О смертной казни, Свенцицкий Валентин Павлович, Год: 1911

Время на прочтение: 5 минут(ы)
———————
Публикуется по: Свенцицкий В. Собрание сочинений. Т. 3. Религия свободного человека (1909-1913) / Сост., коммент. С. В. Черткова. М., 2014.
———————

ОТРАВА СОВЕСТИ

Давно уже газеты отмечали как ‘курьёзный’ факт, что дети в разных концах России стали играть ‘в виселицу’.
Несколько лет тому назад играли ‘в забастовку’. Теперь игра переменилась…
И вот на днях мне самому пришлось, собственными глазами, видеть эту ужасную игру.
Три маленьких карапуза ‘вешали’ худенького, бледненького мальчика, ‘преступника’. Двое карапузов изображали ‘стражу’ с деревянными ружьями на плечах, а третий — ‘палача’.
Около забора была сделана настоящая ‘виселица’ из тонких досок, и к ней была привязана грязная мочальная верёвка.
Лица у мальчиков были серьёзные, не похожие на лица ‘играющих’ детей. Не радостные. Но всё же чувствовалось в них своё ‘возбуждение’: очевидно, они по-своему сильно переживали ‘игру’. Особенно выразительно было лицо ‘преступника’. Он положительно страдал, и не знаю — от холода или от нервного состояния, но то и дело вздрагивал худеньким телом.
Я остановился и стал смотреть.
— Арестант Санька, — провозгласил один из стражников, — вешается за кражу белья.
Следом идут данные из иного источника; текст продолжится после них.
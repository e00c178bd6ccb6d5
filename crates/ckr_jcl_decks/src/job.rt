//! The job of a deck that is accepted.
ghost use Rattle.std.specs.Prelude.{◌≡◌, ◌+◌, ◌≤◌, ◌||◌, IfOk, IfSome, List, [], ◌∷◌, ◌++◌, length, map, filter_map, codes};
ghost use Rattle.std.specs.Option.{option_map, option_and_then};
ghost use Rattle.ckr_jcl_operands.specs.DdValues.{disp_of};
ghost use Rattle.ckr_jcl_faults.specs.DdFaults.{is_chkdd};
ghost use Rattle.ckr_jcl_decks.specs.DeckFaults.{parm_of, step_place};
ghost use Rattle.ckr_jcl_decks.specs.Deck.{bytes_of, named_origin, origin_of, disposition_of, volumes_of, space_of, default_length, record_length, dd_of, syschk_of, step_with, step_of, restart_at, restart_of, job_of};

use crate::deck_faults::{parm_of, step_place};
use arrayvec::ArrayVec;
use ckr_base::{CheckId, NoMemory, Volser};
use ckr_cards::Card;
use ckr_jcl::{
    After, CardImage, Cards, Conds, Dd, Dds, Disp, Job, Kind, Origin, Restart, Status, Step, Steps,
    is_spelled,
};
use ckr_jcl_faults::{DdText, JobText, StepText, is_chkdd};
use ckr_jcl_operands::{DsnText, RestartText, VolText, disp_of};
use std::alloc::Global;

/// The records of a DD in the deck.
fn records_of(alloc: Global, cards: &[Card]) -> Result<Cards, NoMemory>
    ensures { IfOk result (λ records. records ≡ map bytes_of cards.now) }
{
    let mut records = Cards::new(alloc);
    for card in cards {
        records.push(CardImage::of(&card.bytes))?;
    }
    Ok(records)
}

/// Where the records of a DD with this name are.
#[tactic(auto, unfolding(crate::specs::Deck::named_origin))]
fn named_origin(dsn: &Option<DsnText>) -> Origin
    ensures { result ≡ named_origin dsn.now }
{
    match dsn {
        Some(DsnText::Permanent(name)) => Origin::Named(name.copied()),
        Some(DsnText::Passing(name)) => Origin::Temporary(name.copied()),
        _ => Origin::Unnamed,
    }
}

/// Where the records of a DD are.
#[tactic(auto, unfolding(crate::specs::Deck::origin_of))]
fn origin_of(alloc: Global, dd: &DdText) -> Result<Origin, NoMemory>
    ensures { IfOk result (λ origin. origin ≡ origin_of dd.now) }
{
    if dd.in_stream {
        let records = records_of(alloc, dd.records.as_slice())?;
        return Ok(Origin::InStream(records));
    }
    if dd.dummy {
        return Ok(Origin::Dummy);
    }
    if dd.sysout {
        return Ok(Origin::Sysout);
    }
    Ok(named_origin(&dd.dsn))
}

/// The disposition of a DD; what is for the printer is kept.
#[tactic(auto, unfolding(crate::specs::Deck::disposition_of))]
fn disposition_of(dd: &DdText) -> Disp
    ensures { result ≡ disposition_of dd.now }
{
    if dd.sysout {
        return disp_of(Some(Status::New), Some(After::Keep), Some(After::Keep));
    }
    dd.disp
}

/// The volumes that VOL names.
fn volumes_of(volume: &Option<VolText>) -> ArrayVec<Volser, 5>
    ensures { result.items ≡ volumes_of volume.now }
{
    let mut volumes = ArrayVec::new();
    if let Some(VolText::Serial(serial)) = volume {
        volumes.push(serial.copied());
    }
    volumes
}

/// The space of a DD in records.
#[tactic(auto, unfolding(crate::specs::Deck::space_of))]
fn space_of(dd: &DdText) -> Option<u32>
    ensures { result ≡ space_of dd.now }
{
    if dd.sysout {
        return Some(dd.space.unwrap_or(500));
    }
    dd.space
}

/// The record length of a DD where none is given.
fn default_length(dd: &DdText) -> u16
    ensures { result ≡ default_length dd.now }
{
    if dd.sysout || is_spelled(b"SYSPRINT", dd.name.text()) {
        return 133;
    }
    80
}

/// The record length of a DD.
#[tactic(auto, unfolding(crate::specs::Deck::record_length))]
fn record_length(dd: &DdText) -> u16
    ensures { result ≡ record_length dd.now }
{
    if dd.in_stream {
        return 80;
    }
    if is_chkdd(dd) {
        return 256;
    }
    match dd.dcb.length {
        Some(length) => length,
        None => default_length(dd),
    }
}

/// A DD of a step.
#[tactic(auto, unfolding(crate::specs::Deck::dd_of))]
fn dd_of(alloc: Global, dd: &DdText) -> Result<Dd, NoMemory>
    ensures { IfOk result (λ made. made ≡ dd_of dd.now) }
{
    Ok(Dd {
        name: dd.name.copied(),
        role: dd.role,
        origin: origin_of(alloc, dd)?,
        disp: disposition_of(dd),
        volumes: volumes_of(&dd.volume),
        space: space_of(dd),
        lrecl: record_length(dd),
    })
}

/// The DDs of a step.
fn dds_of(alloc: Global, dds: &[DdText]) -> Result<Dds, NoMemory>
    ensures { IfOk result (λ made. made ≡ map dd_of dds.now) }
{
    let mut made = Dds::new(alloc);
    for dd in dds {
        made.push(dd_of(alloc, dd)?)?;
    }
    Ok(made)
}

/// The DD of the checkpoint data set that a job is restarted from.
#[tactic(auto, unfolding(crate::specs::Deck::syschk_of))]
fn syschk_of(dd: &DdText) -> Dd
    ensures { result ≡ syschk_of dd.now }
{
    Dd {
        name: dd.name.copied(),
        role: dd.role,
        origin: named_origin(&dd.dsn),
        disp: dd.disp,
        volumes: volumes_of(&dd.volume),
        space: None,
        lrecl: 256,
    }
}

/// A step of a program.
#[tactic(auto, unfolding(crate::specs::Deck::step_with))]
fn step_with(alloc: Global, step: &StepText, kind: Kind) -> Result<Step, NoMemory>
    ensures { IfOk result (λ made. made ≡ step_with step.now kind) }
{
    Ok(Step {
        name: step.name.copied(),
        program: kind,
        parm: parm_of(kind, step.parm.as_slice()),
        rd: step.rd,
        cond: Conds::new(alloc),
        dds: dds_of(alloc, step.dds.as_slice())?,
    })
}

/// The steps of a job and one more, where it has a program.
fn with_step(alloc: Global, mut made: Steps, step: &StepText) -> Result<Steps, NoMemory>
    ensures { IfOk result (λ all. all ≡ made ++ filter_map step_of (step.now ∷ [])) }
{
    match step.program {
        Some(kind) => {
            made.push(step_with(alloc, step, kind)?)?;
            Ok(made)
        }
        None => Ok(made),
    }
}

/// The steps of a job.
fn steps_of(alloc: Global, steps: &[StepText]) -> Result<Steps, NoMemory>
    ensures { IfOk result (λ made. made ≡ filter_map step_of steps.now) }
{
    let mut made = Steps::new(alloc);
    for step in steps {
        made = with_step(alloc, made, step)?;
    }
    Ok(made)
}

/// Another identifier of the same text.
fn copied_id(id: &Option<CheckId>) -> Option<CheckId>
    ensures { result ≡ id.now }
{
    match id {
        Some(id) => Some(id.copied()),
        None => None,
    }
}

/// Where a job of at most 64 steps begins again.
#[tactic(auto, unfolding(crate::specs::Deck::restart_of))]
fn restart_of(steps: &[StepText], restart: &RestartText) -> Option<Restart>
    requires { length steps.now ≤ 64 }
    ensures { result ≡ restart_of steps.now restart.now }
{
    match step_place(&restart.step, steps) {
        Some(place) => Some(Restart {
            step: place as u8 + 1,
            id: copied_id(&restart.id),
        }),
        None => None,
    }
}

/// Where a job of at most 64 steps begins again, if it does.
fn restart_in(job: &JobText) -> Option<Restart>
    requires { length job.now.steps ≤ 64 }
    ensures { result ≡ option_and_then (restart_of job.now.steps) job.now.restart }
{
    match &job.restart {
        Some(restart) => restart_of(job.steps.as_slice(), restart),
        None => None,
    }
}

/// The DD of the checkpoint data set, where there is one.
fn syschk_in(job: &JobText) -> Option<Dd>
    ensures { result ≡ option_map syschk_of job.now.syschk }
{
    match &job.syschk {
        Some(dd) => Some(syschk_of(dd)),
        None => None,
    }
}

/// The job of a deck of at most 64 steps.
#[tactic(auto, unfolding(crate::specs::Deck::job_of))]
pub(crate) fn job_of(alloc: Global, job: &JobText) -> Result<Job, NoMemory>
    requires { length job.now.steps ≤ 64 }
    ensures { IfOk result (λ made. made ≡ job_of job.now) }
{
    Ok(Job {
        name: job.name.copied(),
        rd: job.rd,
        cond: Conds::new(alloc),
        restart: restart_in(job),
        syschk: syschk_in(job),
        steps: steps_of(alloc, job.steps.as_slice())?,
    })
}
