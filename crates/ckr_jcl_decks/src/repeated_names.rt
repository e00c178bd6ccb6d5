//! J19: names that stand twice. A few names are compared with each other, and many are met in sets, since a deck may have very many.
ghost use Rattle.std.specs.Prelude.{◌≡◌, ◌||◌, not, ℕ, List, [], Option, IfOk, OnOk, bytes_eq};
ghost use Rattle.std.specs.List.{list_any};
ghost use Rattle.ckr_jcl_operands.specs.declared.dd_values.DsnText.{DsnText as DsnValue};
ghost use Rattle.ckr_jcl_decks.specs.DeckFaults.{has_dd_name, has_dsn, has_step_name, is_same_dsn, repeated_dd, repeated_in, repeated_name};
ghost use Rattle.ckr_jcl_decks.specs.MetNames.{was_met, dsn_met};

use crate::met_names::{is_new_dsn, is_new_name};
use ckr_base::{DsName, Name8, NoMemory};
use ckr_jcl::is_spelled;
use ckr_jcl_faults::{DdText, JobText, StepText};
use ckr_jcl_operands::DsnText;
use std::alloc::Global;
use std::collections::BTreeSet;

/// So many names at most are compared with each other; more are met in a set, which takes less time then.
const FEW_NAMES: usize = 16;

/// Puts the names of a DD among those that were met, and tells whether both are new.
fn is_new_dd(
    names: &mut BTreeSet<Name8>,
    permanent: &mut BTreeSet<DsName>,
    passing: &mut BTreeSet<Name8>,
    dd: &DdText,
) -> Result<bool, NoMemory>
    ensures new { IfOk result (λ new. new ≡ not (was_met names.old dd.now.name || dsn_met permanent.old passing.old dd.now.dsn)) }
    ensures names { OnOk result ((other : List ℕ) → was_met names.new other ≡ (bytes_eq dd.now.name other || was_met names.old other)) }
    ensures dsns { OnOk result ((other : Option DsnValue) → dsn_met permanent.new passing.new other ≡ (is_same_dsn dd.now.dsn other || dsn_met permanent.old passing.old other)) }
{
    let new_name = is_new_name(names, &dd.name)?;
    let new_dsn = is_new_dsn(permanent, passing, &dd.dsn)?;
    Ok(new_name && new_dsn)
}

/// Whether one of these DDs has this dd name.
fn has_dd_name(before: &[DdText], name: &Name8) -> bool
    ensures { result ≡ list_any (has_dd_name name.now) before.now }
{
    before
        .iter()
        .any(|other| is_spelled(other.name.text(), name.text()))
}

/// Whether two data set names are the same.
fn is_same_dsn(one: &Option<DsnText>, other: &Option<DsnText>) -> bool
    ensures { result ≡ is_same_dsn one.now other.now }
{
    match (one, other) {
        (Some(DsnText::Permanent(one)), Some(DsnText::Permanent(other))) => {
            is_spelled(one.text(), other.text())
        }
        (Some(DsnText::Passing(one)), Some(DsnText::Passing(other))) => {
            is_spelled(one.text(), other.text())
        }
        _ => false,
    }
}

/// Whether one of these DDs has this data set name.
fn has_dsn(before: &[DdText], dsn: &Option<DsnText>) -> bool
    ensures { result ≡ list_any (has_dsn dsn.now) before.now }
{
    before.iter().any(|other| is_same_dsn(&other.dsn, dsn))
}

/// The card of the first of a few DDs that has a name of one before it.
fn repeated_of_few(dds: &[DdText]) -> Option<u32>
    ensures { result ≡ repeated_dd [] dds.now }
{
    let mut count: usize = 0;
    for dd in dds {
        let before = &dds[..count];
        if has_dd_name(before, &dd.name) || has_dsn(before, &dd.dsn) {
            return Some(dd.card);
        }
        count += 1;
    }
    None
}

/// The card of the first of many DDs that has a name of one before it.
fn repeated_of_many(alloc: Global, dds: &[DdText]) -> Result<Option<u32>, NoMemory>
    ensures { IfOk result (λ card. card ≡ repeated_dd [] dds.now) }
{
    let mut names = BTreeSet::new(alloc);
    let mut permanent = BTreeSet::new(alloc);
    let mut passing = BTreeSet::new(alloc);
    for dd in dds {
        if !is_new_dd(&mut names, &mut permanent, &mut passing, dd)? {
            return Ok(Some(dd.card));
        }
    }
    Ok(None)
}

/// The card of the first DD that has a name of one before it in the step.
fn repeated_dd(alloc: Global, dds: &[DdText]) -> Result<Option<u32>, NoMemory>
    ensures { IfOk result (λ card. card ≡ repeated_dd [] dds.now) }
{
    if dds.len() <= FEW_NAMES {
        return Ok(repeated_of_few(dds));
    }
    repeated_of_many(alloc, dds)
}

/// Whether one of these steps has this name.
fn has_step_name(before: &[StepText], name: &Name8) -> bool
    ensures { result ≡ list_any (has_step_name name.now) before.now }
{
    before
        .iter()
        .any(|other| is_spelled(other.name.text(), name.text()))
}

/// The card of the first of a few steps that has the name of one before it, or of the first such DD of a step.
fn repeated_in_few(alloc: Global, steps: &[StepText]) -> Result<Option<u32>, NoMemory>
    ensures { IfOk result (λ card. card ≡ repeated_in [] steps.now) }
{
    let mut count: usize = 0;
    for step in steps {
        if has_step_name(&steps[..count], &step.name) {
            return Ok(Some(step.card));
        }
        if let Some(card) = repeated_dd(alloc, step.dds.as_slice())? {
            return Ok(Some(card));
        }
        count += 1;
    }
    Ok(None)
}

/// The card of the first of many steps that has the name of one before it, or of the first such DD of a step.
fn repeated_in_many(alloc: Global, steps: &[StepText]) -> Result<Option<u32>, NoMemory>
    ensures { IfOk result (λ card. card ≡ repeated_in [] steps.now) }
{
    let mut names = BTreeSet::new(alloc);
    for step in steps {
        if !is_new_name(&mut names, &step.name)? {
            return Ok(Some(step.card));
        }
        if let Some(card) = repeated_dd(alloc, step.dds.as_slice())? {
            return Ok(Some(card));
        }
    }
    Ok(None)
}

/// The card of the first step that has the name of one before it, or of the first such DD of a step.
fn repeated_in(alloc: Global, steps: &[StepText]) -> Result<Option<u32>, NoMemory>
    ensures { IfOk result (λ card. card ≡ repeated_in [] steps.now) }
{
    if steps.len() <= FEW_NAMES {
        return repeated_in_few(alloc, steps);
    }
    repeated_in_many(alloc, steps)
}

/// J19: a step name stands twice, or in a step a dd name or a data set name.
#[tactic(auto, unfolding(crate::specs::DeckFaults::repeated_name))]
pub(crate) fn repeated_name(alloc: Global, job: &JobText) -> Result<Option<u32>, NoMemory>
    ensures { IfOk result (λ card. card ≡ repeated_name job.now) }
{
    repeated_in(alloc, job.steps.as_slice())
}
Он не повинился, и судья велел его повесить.
— Теперь прощайся с народом, — сказал другой стражник.
Худенький мальчик поклонился на все стороны и, заикаясь, сказал:
— Прощайте… помру я… маменьке поклонитесь… прощайте…
Затем ‘палач’ надел на горло мальчика верёвку, тот слегка поджал ноги и закрыл глаза.
— Готов! — провозгласил ‘палач’.
Игра кончилась…
Недавно В. Короленко назвал смертную казнь ‘бытовым явлением’. Вот это — больше чем бытовое явление.
И пусть задумаются защитники смертной казни, до чего может дойти народ, дети которого начинают ‘играть в виселицу’.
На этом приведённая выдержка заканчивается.